▶ [Task]: Gather each line in the entries that includes the string "search".

*** Opening Information provided ***

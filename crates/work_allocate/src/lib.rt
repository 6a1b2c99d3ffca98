// The allocation on an undamaged heap with a cleared waiting list, which it leaves cleared: the whole work of the call, at the place that its
// search found.

#![tactic(auto)]

ghost use Rattle.std.specs.Prelude.{◌≡◌, Ok, length};
ghost use Rattle.types.specs.Told.{came_of};
ghost use Rattle.rules.specs.Lent.{before, after, lent};
ghost use Rattle.rules_calls.specs.Calls.{allocate_as, reply};
ghost use Rattle.theory_memories.specs.Heaps.{Usable};
ghost use Rattle.theory.specs.Usable.{Worked};
ghost use Rattle.test_allocation.specs.Replies.{allocate_reply};

use types::{Outcome, Ref};

// Makes the object of n blocks at block `at`, which the search found, as data or as an ordinary one (request U6), and stores its reference in
// root r.
pub fn allocate(
    blocks: usize,
    width: usize,
    a: &mut [u8],
    b: &mut [u8],
    counts: &mut [u8],
    cells: &mut [Ref],
    roots: &mut [Ref],
    waiting: &mut [Ref],
    sections: &mut [Ref],
    d: &mut [u8],
    marks: &mut [u8],
    list: &mut [Ref],
    as_data: bool,
    n: usize,
    r: usize,
    at: usize,
) -> Outcome
    requires { Usable blocks width (lent a.old b.old counts.old cells.old roots.old waiting.old sections.old d.old marks.old list.old)
        × (allocate_reply blocks a.old (length roots.old) n r ≡ reply 0 at 0) }
    ensures { Worked blocks width (allocate_as as_data n r)
        (before a.old b.old counts.old cells.old roots.old waiting.old sections.old d.old marks.old list.old) (came_of (Ok result))
        (after a.new b.new counts.new cells.new roots.new waiting.new sections.new d.new marks.new list.new) }
{
    let stuck = types::capacity_of(width) == 1;
    let new = (at + 1) as Ref;
    work_place::place(
        blocks, width, a, b, counts, cells, sections, d, marks, list, at, n, as_data,
    );
    let old = roots[r];
    roots[r] = new;
    let freed = step_release::let_go(
        blocks, width, a, b, counts, cells, waiting, sections, d, marks, list, 0, old, new,
    );
    section_figures::renew(blocks, a, sections);
    Outcome {
        value: at,
        freed,
        stuck,
    }
}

*** Closing Information provided ***

▶ [Response to this exercise]:
// search found.
// Makes the object of n blocks at block `at`, which the search found, as data or as an ordinary one (request U6), and stores its reference in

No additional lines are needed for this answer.